Holographic Aspects of Non-minimal $R_{\mu \alpha \nu \beta } F^{(a)\mu \alpha } F^{(a)\nu \beta } $ AdS Black Brane

TL;DR

This paper explores the holographic dual of an Einstein-Yang-Mills black brane with non-minimal coupling, deriving new solutions and calculating physical properties like conductivity and viscosity ratios.

Contribution

It constructs a first-order non-minimal coupling black hole solution and computes the DC conductivity and shear viscosity to entropy density ratio, revealing new insights into holographic models.

Findings

Shear viscosity to entropy density ratio saturates the KSS bound.

First-order non-minimal coupling affects the conductivity.
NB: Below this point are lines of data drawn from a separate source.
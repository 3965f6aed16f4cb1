//! The declarations of a view.
ghost use Rattle.std.specs.Prelude.{◌≡◌, ◌<◌, ◌≤◌, ◌++◌, [], length, map, OnOk, IfOk, count_by};
ghost use Rattle.view_def.specs.declared.written.RawDecl.{RawDecl};
ghost use Rattle.var_typing.specs.Declarations.{ranges_over_rows, too_many, range_fault, declared_twice, range_folds, alias_folds, declaration_after, declarations_fault, typed_range};
ghost use Rattle.var_typing.specs.Folds.{SameOthers};
ghost use Rattle.var_typing.specs.Refusals.{Answers, IsJudged};

use crate::TypeFault;
use crate::folds::Fold;
use crate::scope::{Scope, declared_at};
use std::alloc::Global;
use view_def::{Range, RawDecl, RawRange};

const MOST: usize = 8;

const MOST_OVER_ROWS: usize = 4;

/// The ranges of all declarations, and the folds of the aliases among them.
pub(crate) fn type_declarations(
    alloc: Global,
    decls: &[RawDecl],
    folds: &mut Vec<Fold>,
) -> Result<Vec<Range>, TypeFault>
    requires { folds.old.items ≡ [] }
    ensures answer { let ds = decls.now in
        Answers (λ v. v.items) (declarations_fault ds) (map (λ (d : RawDecl). typed_range ds d.range) ds) result }
    ensures few { OnOk result (length decls.now ≤ 8) }
    ensures taken { OnOk result (SameOthers (alias_folds decls.now decls.now) folds.new.items) }
{
    let mut ranges = Vec::new(alloc);
    for (place, decl) in decls.iter().enumerate() {
        let range = type_declaration(decls, &decls[..place], decl, folds)?;
        ranges.push(range)?;
    }
    Ok(ranges)
}

// A declaration after these.
fn type_declaration(
    decls: &[RawDecl],
    before: &[RawDecl],
    decl: &RawDecl,
    folds: &mut Vec<Fold>,
) -> Result<Range, TypeFault>
    ensures answer { let ds = decls.now in
        Answers (λ r. r) (declaration_after ds folds.old.items before.now decl.now) (typed_range ds decl.now.range) result }
    ensures few { OnOk result (length before.now < 8) }
    ensures taken { OnOk result
        (SameOthers (folds.old.items ++ range_folds decls.now decl.now.range) folds.new.items) }
{
    check_number(before, decl)?;
    let scope = Scope {
        decls,
        visible: before.len(),
    };
    let range = type_range(&scope, folds, &decl.range)?;
    check_new(before, decl)?;
    Ok(range)
}

fn ranges_over_rows(decl: &RawDecl) -> bool
    ensures { result ≡ ranges_over_rows decl.now }
{
    matches!(
        decl.range,
        RawRange::Tuples(_, _) | RawRange::Values(_, _, _)
    )
}

fn check_number(before: &[RawDecl], decl: &RawDecl) -> Result<(), TypeFault>
    ensures passes { IsJudged (too_many before.now decl.now) result }
    ensures few { OnOk result (length before.now < 8) }
{
    if before.len() >= MOST
        || (ranges_over_rows(decl) && count_over_rows(before) >= MOST_OVER_ROWS)
    {
        return Err(TypeFault::TooMany {
            var: decl.var.copy()?,
        });
    }
    Ok(())
}

fn count_over_rows(decls: &[RawDecl]) -> usize
    ensures { result ≡ count_by ranges_over_rows decls.now }
{
    let mut count = 0;
    for decl in decls {
        if ranges_over_rows(decl) {
            count += 1;
        }
    }
    count
}

fn check_new(before: &[RawDecl], decl: &RawDecl) -> Result<(), TypeFault>
    ensures { IsJudged (declared_twice before.now decl.now) result }
{
    if declared_at(before, &decl.var).is_some() {
        return Err(TypeFault::DeclaredTwice {
            var: decl.var.copy()?,
        });
    }
    Ok(())
}

fn type_range(
    scope: &Scope<'_>,
    folds: &mut Vec<Fold>,
    range: &RawRange,
) -> Result<Range, TypeFault>
    ensures answer { let ds = scope.now.decls.now in
        Answers (λ r. r) (range_fault ds scope.now.visible folds.old.items range.now) (typed_range ds range.now) result }
    ensures taken { OnOk result
        (SameOthers (folds.old.items ++ range_folds scope.now.decls.now range.now) folds.new.items) }
{
    match range {
        RawRange::Databases => Ok(Range::Databases),
        RawRange::Relations(db) => Ok(Range::Relations(scope.place(db)?)),
        RawRange::Attributes(db, relation) => {
            let db = scope.place(db)?;
            Ok(Range::Attributes(db, scope.place(relation)?))
        }
        RawRange::Tuples(db, relation) => {
            let db = scope.place(db)?;
            Ok(Range::Tuples(db, scope.place(relation)?))
        }
        RawRange::Values(db, relation, attribute) => {
            let db = scope.place(db)?;
            let relation = scope.place(relation)?;
            Ok(Range::Values(db, relation, scope.place(attribute)?))
        }
        RawRange::Alias(identifier, attribute) => {
            let (tuple, place) = scope.attribute(folds, identifier, attribute)?;
            Ok(Range::Alias(tuple, place))
        }
    }
}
New results for conductivity at first order in coupling.

Abstract

In this paper, we study the holographic dual to an asymptotically anti-de Sitter black brane in an Einstein-Yang-Mills model with a non-minimal coupling between the Riemann and Yang-Mills fields. First, we construct a planar black hole solution of this model up to the first order of the non-minimal coupling of the Yang-Mills field with the Riemann-Christoffel tensor, denoted as $q_2$. Then, we calculate the color non-abelian direct current (DC) conductivity and the ratio of shear viscosity to entropy density for this solution. Our result for the shear viscosity $\eta$ to entropy density $s$ ratio saturates the Kovtun, Son, and Starinets (KSS) bound, which is proportional to $\frac{1}{4 \pi}$. However, our result for the conductivity is new up to the first order of $q_2$.